[Stored dataset items]
───

// The commands as `clap` reads them. A command is built for each reading, since its texts and the words
// share a lifetime.
ghost use Rattle.std.specs.Prelude.{◌≡◌, ◌∷◌, [], IfOk, Some, false, codes};
ghost use Rattle.clap.specs.Words.{app_of, new_rule, rule_of};
ghost use Rattle.clap.specs.declared.builder.action.ArgAction.TheVariants.{Set};
ghost use Rattle.command_words.specs.Words.{audit_app, bare, check_app, clients_rule, count_rule};
ghost use Rattle.command_words.specs.Words.{edits_rule, flag, folder_rule, join_app, join_port_rule};
ghost use Rattle.command_words.specs.Words.{make_app, name_rule, outside_rule, page_app, play_app};
ghost use Rattle.command_words.specs.Words.{port_rule, record_app, record_rule, repeated, roots_rule};
ghost use Rattle.command_words.specs.Words.{rounds_rule, seed_rule, serve_app, turns_rule, wanted};
ghost use Rattle.command_words.specs.Words.{with_rules, workers_rule};

use clap::{Arg, ArgAction, Command};
use std::alloc::{AllocError, Global};

/// `play`, which takes no word.
pub(crate) fn play_grammar<'a>(alloc: Global) -> Command<'a>
    ensures { app_of result ≡ play_app }
{
    bare(alloc, "play")
}

/// `check NAME`
pub(crate) fn check_grammar<'a>(alloc: Global) -> Result<Command<'a>, AllocError>
    ensures { IfOk result (λ c. app_of c ≡ check_app) }
{
    bare(alloc, "check").arg(name_arg(alloc))
}

/// `make N SEED`
pub(crate) fn make_grammar<'a>(alloc: Global) -> Result<Command<'a>, AllocError>
    ensures { IfOk result (λ c. app_of c ≡ make_app) }
{
    bare(alloc, "make")
        .arg(count_arg(alloc))?
        .arg(seed_arg(alloc))
}

/// `serve FOLDER ROOT..`, with its options.
pub(crate) fn serve_grammar<'a>(alloc: Global) -> Result<Command<'a>, AllocError>
    ensures { IfOk result (λ c. app_of c ≡ serve_app) }
{
    let command = bare(alloc, "serve")
        .arg(folder_arg(alloc))?
        .arg(roots_arg(alloc))?;
    let command = with_connections(alloc, command)?;
    let command = with_work(alloc, command)?;
    with_flags(alloc, command)
}

/// The options on what connects to a server.
fn with_connections<'a>(alloc: Global, command: Command<'a>) -> Result<Command<'a>, AllocError>
    ensures { IfOk result (λ c.
        app_of c ≡ with_rules (app_of command.entry) (port_rule ∷ clients_rule ∷ outside_rule ∷ [])) }
{
    command
        .arg(port_arg(alloc))?
        .arg(clients_arg(alloc))?
        .arg(outside_arg(alloc))
}

/// The options on what a server does.
fn with_work<'a>(alloc: Global, command: Command<'a>) -> Result<Command<'a>, AllocError>
    ensures { IfOk result (λ c.
        app_of c ≡ with_rules (app_of command.entry) (turns_rule ∷ workers_rule ∷ rounds_rule ∷ [])) }
{
    command
        .arg(turns_arg(alloc))?
        .arg(workers_arg(alloc))?
        .arg(rounds_arg(alloc))
}

/// The options that take no word.
fn with_flags<'a>(alloc: Global, command: Command<'a>) -> Result<Command<'a>, AllocError>
    ensures { IfOk result (λ c.
        app_of c ≡ with_rules (app_of command.entry) (edits_rule ∷ record_rule ∷ [])) }
{
    command.arg(edits_arg(alloc))?.arg(record_arg(alloc))
}

/// `join PORT [ROOT..]`, with its option.
pub(crate) fn join_grammar<'a>(alloc: Global) -> Result<Command<'a>, AllocError>
    ensures { IfOk result (λ c. app_of c ≡ join_app) }
{
    bare(alloc, "join")
        .arg(join_port_arg(alloc))?
        .arg(repeated(alloc, "ROOT"))?
        .arg(turns_arg(alloc))
}

/// `page FOLDER`
pub(crate) fn page_grammar<'a>(alloc: Global) -> Result<Command<'a>, AllocError>
    ensures { IfOk result (λ c. app_of c ≡ page_app) }
{
    bare(alloc, "page").arg(folder_arg(alloc))
}

/// `record`, which takes no word.
pub(crate) fn record_grammar<'a>(alloc: Global) -> Command<'a>
    ensures { app_of result ≡ record_app }
{
    bare(alloc, "record")
}

/// `audit`, which takes no word.
pub(crate) fn audit_grammar<'a>(alloc: Global) -> Command<'a>
    ensures { app_of result ≡ audit_app }
{
    bare(alloc, "audit")
}

/// A command without help and version, of whose words the first is no name of a program.
fn bare<'a>(alloc: Global, name: &'a str) -> Command<'a>
    ensures { app_of result ≡ bare name.entry.now }
{
    Command::new(alloc, name)
        .no_binary_name(true)
        .disable_help_flag(true)
        .disable_version_flag(true)
}

/// A word that has to stand there.
fn wanted<'a>(alloc: Global, id: &'a str) -> Arg<'a>
    ensures rule { rule_of result ≡ wanted id.entry.now }
    ensures global { result.global ≡ false }
{
    Arg::new(alloc, id).required(true).action(ArgAction::Set)
}

/// A word that may come more than once.
fn repeated<'a>(alloc: Global, id: &'a str) -> Arg<'a>
    ensures rule { rule_of result ≡ repeated id.entry.now }
    ensures global { result.global ≡ false }
{
    Arg::new(alloc, id).action(ArgAction::Append)
}

/// An option that takes a word.
fn option<'a>(alloc: Global, id: &'a str) -> Arg<'a>
    ensures rule { rule_of result
        ≡ record (new_rule id.entry.now) { long = Some id.entry.now; action = Some Set } }
    ensures global { result.global ≡ false }
{
    Arg::new(alloc, id).long(id).action(ArgAction::Set)
}

/// An option that takes no word.
fn flag<'a>(alloc: Global, id: &'a str) -> Arg<'a>
    ensures rule { rule_of result ≡ flag id.entry.now }
    ensures global { result.global ≡ false }
{
    Arg::new(alloc, id).long(id).action(ArgAction::SetTrue)
}

fn name_arg<'a>(alloc: Global) -> Arg<'a>
    ensures rule { rule_of result ≡ name_rule }
    ensures global { result.global ≡ false }
{
    wanted(alloc, "NAME")
}

fn count_arg<'a>(alloc: Global) -> Arg<'a>
    ensures rule { rule_of result ≡ count_rule }
    ensures global { result.global ≡ false }
{
    wanted(alloc, "N").value_parser(clap::value_parser!(u32).range(1..=4096))
}

fn seed_arg<'a>(alloc: Global) -> Arg<'a>
    ensures rule { rule_of result ≡ seed_rule }
    ensures global { result.global ≡ false }
{
    wanted(alloc, "SEED").value_parser(clap::value_parser!(u32).range(0..=2147483647))
}

fn folder_arg<'a>(alloc: Global) -> Arg<'a>
    ensures rule { rule_of result ≡ folder_rule }
    ensures global { result.global ≡ false }
{
    wanted(alloc, "FOLDER")
}

fn roots_arg<'a>(alloc: Global) -> Arg<'a>
    ensures rule { rule_of result ≡ roots_rule }
    ensures global { result.global ≡ false }
{
    repeated(alloc, "ROOT").required(true)
}

fn port_arg<'a>(alloc: Global) -> Arg<'a>
    ensures rule { rule_of result ≡ port_rule }
    ensures global { result.global ≡ false }
{
    option(alloc, "port").value_parser(clap::value_parser!(u16).range(0..=65535))
}

fn clients_arg<'a>(alloc: Global) -> Arg<'a>
    ensures rule { rule_of result ≡ clients_rule }
    ensures global { result.global ≡ false }
{
    option(alloc, "clients").value_parser(clap::value_parser!(u32).range(0..=32))
}

fn outside_arg<'a>(alloc: Global) -> Arg<'a>
    ensures rule { rule_of result ≡ outside_rule }
    ensures global { result.global ≡ false }
{
    option(alloc, "outside").value_parser(clap::value_parser!(u32).range(0..=32))
}

fn turns_arg<'a>(alloc: Global) -> Arg<'a>
    ensures rule { rule_of result ≡ turns_rule }
    ensures global { result.global ≡ false }
{
    option(alloc, "turns").value_parser(clap::value_parser!(u32).range(0..=400000))
}

fn workers_arg<'a>(alloc: Global) -> Arg<'a>
    ensures rule { rule_of result ≡ workers_rule }
    ensures global { result.global ≡ false }
{
    option(alloc, "workers").value_parser(clap::value_parser!(u32).range(1..=16))
}

fn rounds_arg<'a>(alloc: Global) -> Arg<'a>
    ensures rule { rule_of result ≡ rounds_rule }
    ensures global { result.global ≡ false }
{
    option(alloc, "rounds").value_parser(clap::value_parser!(u32).range(0..=1000))
}

fn edits_arg<'a>(alloc: Global) -> Arg<'a>
    ensures rule { rule_of result ≡ edits_rule }
    ensures global { result.global ≡ false }
{
    flag(alloc, "edits")
}

fn record_arg<'a>(alloc: Global) -> Arg<'a>
    ensures rule { rule_of result ≡ record_rule }
    ensures global { result.global ≡ false }
{
    flag(alloc, "record")
}

fn join_port_arg<'a>(alloc: Global) -> Arg<'a>
    ensures rule { rule_of result ≡ join_port_rule }
    ensures global { result.global ≡ false }
{
    wanted(alloc, "PORT").value_parser(clap::value_parser!(u16).range(1..=65535))
}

───

AIM OF THE TASK:
Nothing should appear in the answer except the lines above from the line with "fn wanted<'a>(alloc: Global, id: &'a" through the line with "result ≡ seed_rule", both included, written out exactly.

WRITTEN SOLUTION:
fn wanted<'a>(alloc: Global, id: &'a str) -> Arg<'a>
    ensures rule { rule_of result ≡ wanted id.entry.now }
    ensures global { result.global ≡ false }
{
    Arg::new(alloc, id).required(true).action(ArgAction::Set)
}

/// A word that may come more than once.
fn repeated<'a>(alloc: Global, id: &'a str) -> Arg<'a>
    ensures rule { rule_of result ≡ repeated id.entry.now }
    ensures global { result.global ≡ false }
{
    Arg::new(alloc, id).action(ArgAction::Append)
}

/// An option that takes a word.
fn option<'a>(alloc: Global, id: &'a str) -> Arg<'a>
    ensures rule { rule_of result
        ≡ record (new_rule id.entry.now) { long = Some id.entry.now; action = Some Set } }
    ensures global { result.global ≡ false }
{
    Arg::new(alloc, id).long(id).action(ArgAction::Set)
}

/// An option that takes no word.
fn flag<'a>(alloc: Global, id: &'a str) -> Arg<'a>
    ensures rule { rule_of result ≡ flag id.entry.now }
    ensures global { result.global ≡ false }
{
    Arg::new(alloc, id).long(id).action(ArgAction::SetTrue)
}

fn name_arg<'a>(alloc: Global) -> Arg<'a>
    ensures rule { rule_of result ≡ name_rule }
    ensures global { result.global ≡ false }
{
    wanted(alloc, "NAME")
}

fn count_arg<'a>(alloc: Global) -> Arg<'a>
    ensures rule { rule_of result ≡ count_rule }
    ensures global { result.global ≡ false }
{
    wanted(alloc, "N").value_parser(clap::value_parser!(u32).range(1..=4096))
}

fn seed_arg<'a>(alloc: Global) -> Arg<'a>
    ensures rule { rule_of result ≡ seed_rule }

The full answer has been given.